### Exercise
From the entries below, output the line with "fn new(alloc: Global) -> Plan" and each following line up to and including the line with "call is to fail.", exactly as written.

========================================

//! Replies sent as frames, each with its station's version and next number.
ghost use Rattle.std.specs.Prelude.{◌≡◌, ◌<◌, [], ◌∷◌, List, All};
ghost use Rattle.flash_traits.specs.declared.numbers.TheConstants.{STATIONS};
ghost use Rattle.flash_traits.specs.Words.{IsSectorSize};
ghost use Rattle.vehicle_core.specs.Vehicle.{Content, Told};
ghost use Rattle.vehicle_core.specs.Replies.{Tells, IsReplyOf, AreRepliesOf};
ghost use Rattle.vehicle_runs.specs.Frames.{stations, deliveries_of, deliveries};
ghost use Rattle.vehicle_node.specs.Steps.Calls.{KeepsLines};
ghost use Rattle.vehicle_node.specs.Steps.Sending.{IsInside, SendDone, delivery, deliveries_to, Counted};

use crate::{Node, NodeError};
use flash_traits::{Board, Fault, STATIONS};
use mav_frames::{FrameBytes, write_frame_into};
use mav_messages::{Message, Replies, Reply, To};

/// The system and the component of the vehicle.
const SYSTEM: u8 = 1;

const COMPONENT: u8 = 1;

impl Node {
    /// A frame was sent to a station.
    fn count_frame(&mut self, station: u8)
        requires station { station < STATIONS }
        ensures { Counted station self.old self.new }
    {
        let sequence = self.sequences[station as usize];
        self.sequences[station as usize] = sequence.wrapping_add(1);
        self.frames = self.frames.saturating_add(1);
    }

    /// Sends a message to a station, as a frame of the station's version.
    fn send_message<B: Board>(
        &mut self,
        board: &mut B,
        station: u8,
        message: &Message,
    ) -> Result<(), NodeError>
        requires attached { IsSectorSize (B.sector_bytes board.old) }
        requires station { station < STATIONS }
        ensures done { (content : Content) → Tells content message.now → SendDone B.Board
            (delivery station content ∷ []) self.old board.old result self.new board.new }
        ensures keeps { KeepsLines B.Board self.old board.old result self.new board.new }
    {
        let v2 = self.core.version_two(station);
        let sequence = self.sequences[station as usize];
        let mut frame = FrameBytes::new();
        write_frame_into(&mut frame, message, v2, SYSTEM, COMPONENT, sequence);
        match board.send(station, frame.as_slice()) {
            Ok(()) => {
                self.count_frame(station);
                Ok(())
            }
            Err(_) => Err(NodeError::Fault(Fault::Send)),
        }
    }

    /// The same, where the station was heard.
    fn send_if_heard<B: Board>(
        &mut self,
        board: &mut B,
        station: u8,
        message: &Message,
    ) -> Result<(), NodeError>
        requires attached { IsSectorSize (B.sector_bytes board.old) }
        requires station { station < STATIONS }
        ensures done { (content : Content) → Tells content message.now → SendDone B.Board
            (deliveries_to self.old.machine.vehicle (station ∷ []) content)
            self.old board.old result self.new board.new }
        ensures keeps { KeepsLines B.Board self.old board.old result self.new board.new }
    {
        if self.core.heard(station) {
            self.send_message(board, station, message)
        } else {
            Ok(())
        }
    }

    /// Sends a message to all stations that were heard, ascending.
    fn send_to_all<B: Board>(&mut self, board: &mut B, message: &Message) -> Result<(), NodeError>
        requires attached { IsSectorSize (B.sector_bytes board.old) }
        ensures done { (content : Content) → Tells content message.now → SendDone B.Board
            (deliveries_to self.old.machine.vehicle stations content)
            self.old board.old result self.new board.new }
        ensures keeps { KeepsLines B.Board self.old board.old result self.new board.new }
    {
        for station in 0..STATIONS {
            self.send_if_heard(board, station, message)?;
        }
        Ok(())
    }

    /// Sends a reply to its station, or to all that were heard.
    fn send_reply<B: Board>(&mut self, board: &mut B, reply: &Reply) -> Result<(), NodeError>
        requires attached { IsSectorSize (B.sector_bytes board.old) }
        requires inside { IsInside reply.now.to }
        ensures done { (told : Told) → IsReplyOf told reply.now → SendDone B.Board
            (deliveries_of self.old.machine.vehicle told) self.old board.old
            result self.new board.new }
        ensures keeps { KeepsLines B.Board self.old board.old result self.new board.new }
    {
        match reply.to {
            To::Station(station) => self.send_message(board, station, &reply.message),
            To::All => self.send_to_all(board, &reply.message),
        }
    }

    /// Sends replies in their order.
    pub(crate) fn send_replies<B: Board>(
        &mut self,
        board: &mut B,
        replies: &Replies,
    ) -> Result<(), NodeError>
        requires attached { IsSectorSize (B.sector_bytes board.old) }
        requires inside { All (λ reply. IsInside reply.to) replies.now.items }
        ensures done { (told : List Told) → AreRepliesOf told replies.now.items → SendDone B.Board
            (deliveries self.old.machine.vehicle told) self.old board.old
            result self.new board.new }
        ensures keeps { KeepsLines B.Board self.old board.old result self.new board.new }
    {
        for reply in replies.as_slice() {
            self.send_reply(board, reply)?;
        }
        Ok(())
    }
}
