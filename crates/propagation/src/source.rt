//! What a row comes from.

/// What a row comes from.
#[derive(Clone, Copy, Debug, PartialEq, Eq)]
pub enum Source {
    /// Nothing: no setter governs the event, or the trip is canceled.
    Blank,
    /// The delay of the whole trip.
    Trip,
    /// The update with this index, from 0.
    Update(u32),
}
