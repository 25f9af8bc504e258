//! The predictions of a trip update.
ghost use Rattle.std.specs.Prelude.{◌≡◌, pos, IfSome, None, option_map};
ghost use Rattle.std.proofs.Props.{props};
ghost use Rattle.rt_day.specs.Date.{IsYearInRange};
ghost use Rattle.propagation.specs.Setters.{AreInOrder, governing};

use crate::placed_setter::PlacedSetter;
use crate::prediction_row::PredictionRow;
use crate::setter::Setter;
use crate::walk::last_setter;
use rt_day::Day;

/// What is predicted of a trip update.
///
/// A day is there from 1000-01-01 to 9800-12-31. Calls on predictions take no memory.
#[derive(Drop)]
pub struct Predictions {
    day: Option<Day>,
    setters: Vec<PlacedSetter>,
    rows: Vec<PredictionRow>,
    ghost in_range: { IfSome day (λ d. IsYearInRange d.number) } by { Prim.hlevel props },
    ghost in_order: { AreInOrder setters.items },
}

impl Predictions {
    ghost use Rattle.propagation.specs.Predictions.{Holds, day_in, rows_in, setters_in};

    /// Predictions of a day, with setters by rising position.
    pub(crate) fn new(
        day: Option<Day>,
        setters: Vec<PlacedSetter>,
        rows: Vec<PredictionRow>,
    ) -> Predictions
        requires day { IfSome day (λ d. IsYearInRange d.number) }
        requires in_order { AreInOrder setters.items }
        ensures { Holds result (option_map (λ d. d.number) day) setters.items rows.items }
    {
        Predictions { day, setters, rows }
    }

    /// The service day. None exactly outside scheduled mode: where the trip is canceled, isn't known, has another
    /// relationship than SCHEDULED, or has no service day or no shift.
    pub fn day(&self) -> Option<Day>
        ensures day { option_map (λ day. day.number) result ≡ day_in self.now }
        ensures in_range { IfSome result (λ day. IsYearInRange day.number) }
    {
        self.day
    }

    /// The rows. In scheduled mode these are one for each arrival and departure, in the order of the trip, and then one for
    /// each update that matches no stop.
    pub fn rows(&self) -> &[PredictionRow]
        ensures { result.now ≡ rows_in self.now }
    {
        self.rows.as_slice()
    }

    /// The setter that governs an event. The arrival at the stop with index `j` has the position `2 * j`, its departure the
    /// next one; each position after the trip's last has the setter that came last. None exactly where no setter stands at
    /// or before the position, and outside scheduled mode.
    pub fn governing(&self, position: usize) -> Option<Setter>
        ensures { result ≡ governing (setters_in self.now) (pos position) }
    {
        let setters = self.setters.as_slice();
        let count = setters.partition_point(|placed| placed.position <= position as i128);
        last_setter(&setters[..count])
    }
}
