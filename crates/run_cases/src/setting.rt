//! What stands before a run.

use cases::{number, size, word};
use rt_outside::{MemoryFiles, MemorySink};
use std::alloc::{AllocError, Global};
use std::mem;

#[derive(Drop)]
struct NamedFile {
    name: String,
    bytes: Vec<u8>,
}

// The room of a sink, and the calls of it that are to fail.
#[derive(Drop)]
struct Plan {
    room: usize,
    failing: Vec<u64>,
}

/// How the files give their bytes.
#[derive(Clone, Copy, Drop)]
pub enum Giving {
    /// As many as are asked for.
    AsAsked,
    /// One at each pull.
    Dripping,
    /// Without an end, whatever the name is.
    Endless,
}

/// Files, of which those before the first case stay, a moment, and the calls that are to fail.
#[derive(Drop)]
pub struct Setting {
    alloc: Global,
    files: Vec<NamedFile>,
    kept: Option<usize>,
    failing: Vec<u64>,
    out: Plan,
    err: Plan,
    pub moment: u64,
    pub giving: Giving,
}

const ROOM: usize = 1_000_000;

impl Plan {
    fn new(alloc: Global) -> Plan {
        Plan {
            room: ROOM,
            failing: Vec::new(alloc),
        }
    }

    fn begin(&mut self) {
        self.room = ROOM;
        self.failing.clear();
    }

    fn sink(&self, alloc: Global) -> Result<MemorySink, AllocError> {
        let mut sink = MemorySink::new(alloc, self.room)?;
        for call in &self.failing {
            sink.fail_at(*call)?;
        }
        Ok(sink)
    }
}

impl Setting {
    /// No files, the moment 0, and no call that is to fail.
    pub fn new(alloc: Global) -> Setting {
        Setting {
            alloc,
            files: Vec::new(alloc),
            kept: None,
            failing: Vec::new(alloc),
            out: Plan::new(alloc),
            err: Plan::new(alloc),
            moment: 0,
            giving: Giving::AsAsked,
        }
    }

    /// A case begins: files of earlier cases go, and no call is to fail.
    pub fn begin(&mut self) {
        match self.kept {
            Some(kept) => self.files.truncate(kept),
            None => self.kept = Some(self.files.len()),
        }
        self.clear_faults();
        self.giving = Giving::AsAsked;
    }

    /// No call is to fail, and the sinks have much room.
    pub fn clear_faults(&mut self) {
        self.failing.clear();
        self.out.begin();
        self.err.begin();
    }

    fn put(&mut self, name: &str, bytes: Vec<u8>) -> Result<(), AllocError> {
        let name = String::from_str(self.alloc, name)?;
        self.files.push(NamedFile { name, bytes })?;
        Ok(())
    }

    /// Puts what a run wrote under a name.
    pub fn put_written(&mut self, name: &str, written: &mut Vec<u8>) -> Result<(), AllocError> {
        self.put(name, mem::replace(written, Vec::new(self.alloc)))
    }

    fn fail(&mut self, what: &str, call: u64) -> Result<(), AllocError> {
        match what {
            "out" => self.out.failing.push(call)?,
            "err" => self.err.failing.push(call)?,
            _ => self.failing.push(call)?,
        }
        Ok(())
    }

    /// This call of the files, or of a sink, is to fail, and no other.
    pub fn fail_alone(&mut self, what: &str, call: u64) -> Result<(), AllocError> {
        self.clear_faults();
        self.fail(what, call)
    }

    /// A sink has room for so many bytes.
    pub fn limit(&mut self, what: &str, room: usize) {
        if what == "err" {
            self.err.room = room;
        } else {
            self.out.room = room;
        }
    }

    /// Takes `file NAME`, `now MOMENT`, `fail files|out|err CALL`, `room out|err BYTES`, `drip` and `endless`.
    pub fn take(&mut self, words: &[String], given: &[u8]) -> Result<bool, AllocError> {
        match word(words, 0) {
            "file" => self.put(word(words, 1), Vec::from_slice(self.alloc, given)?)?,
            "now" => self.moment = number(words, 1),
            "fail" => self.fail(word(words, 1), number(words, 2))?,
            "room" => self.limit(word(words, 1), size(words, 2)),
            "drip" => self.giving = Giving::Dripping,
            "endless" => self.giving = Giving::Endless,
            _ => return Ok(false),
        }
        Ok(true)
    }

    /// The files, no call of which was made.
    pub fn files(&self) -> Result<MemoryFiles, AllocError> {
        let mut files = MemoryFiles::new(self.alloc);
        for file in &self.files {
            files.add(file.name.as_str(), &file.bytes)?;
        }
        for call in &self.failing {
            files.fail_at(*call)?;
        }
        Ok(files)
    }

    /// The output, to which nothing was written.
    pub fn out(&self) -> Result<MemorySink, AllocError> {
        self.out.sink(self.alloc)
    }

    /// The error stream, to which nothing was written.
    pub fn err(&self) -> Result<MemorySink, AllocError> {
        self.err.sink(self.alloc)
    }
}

========================================

### Answer to the problem
    fn new(alloc: Global) -> Plan {
        Plan {
            room: ROOM,
            failing: Vec::new(alloc),
        }
    }

    fn begin(&mut self) {
        self.room = ROOM;
        self.failing.clear();
    }

    fn sink(&self, alloc: Global) -> Result<MemorySink, AllocError> {
        let mut sink = MemorySink::new(alloc, self.room)?;
        for call in &self.failing {
            sink.fail_at(*call)?;
        }
        Ok(sink)
    }
}

impl Setting {
    /// No files, the moment 0, and no call that is to fail.
    pub fn new(alloc: Global) -> Setting {
        Setting {
            alloc,
            files: Vec::new(alloc),
            kept: None,
            failing: Vec::new(alloc),
            out: Plan::new(alloc),
            err: Plan::new(alloc),
            moment: 0,
            giving: Giving::AsAsked,
        }
    }

    /// A case begins: files of earlier cases go, and no call is to fail.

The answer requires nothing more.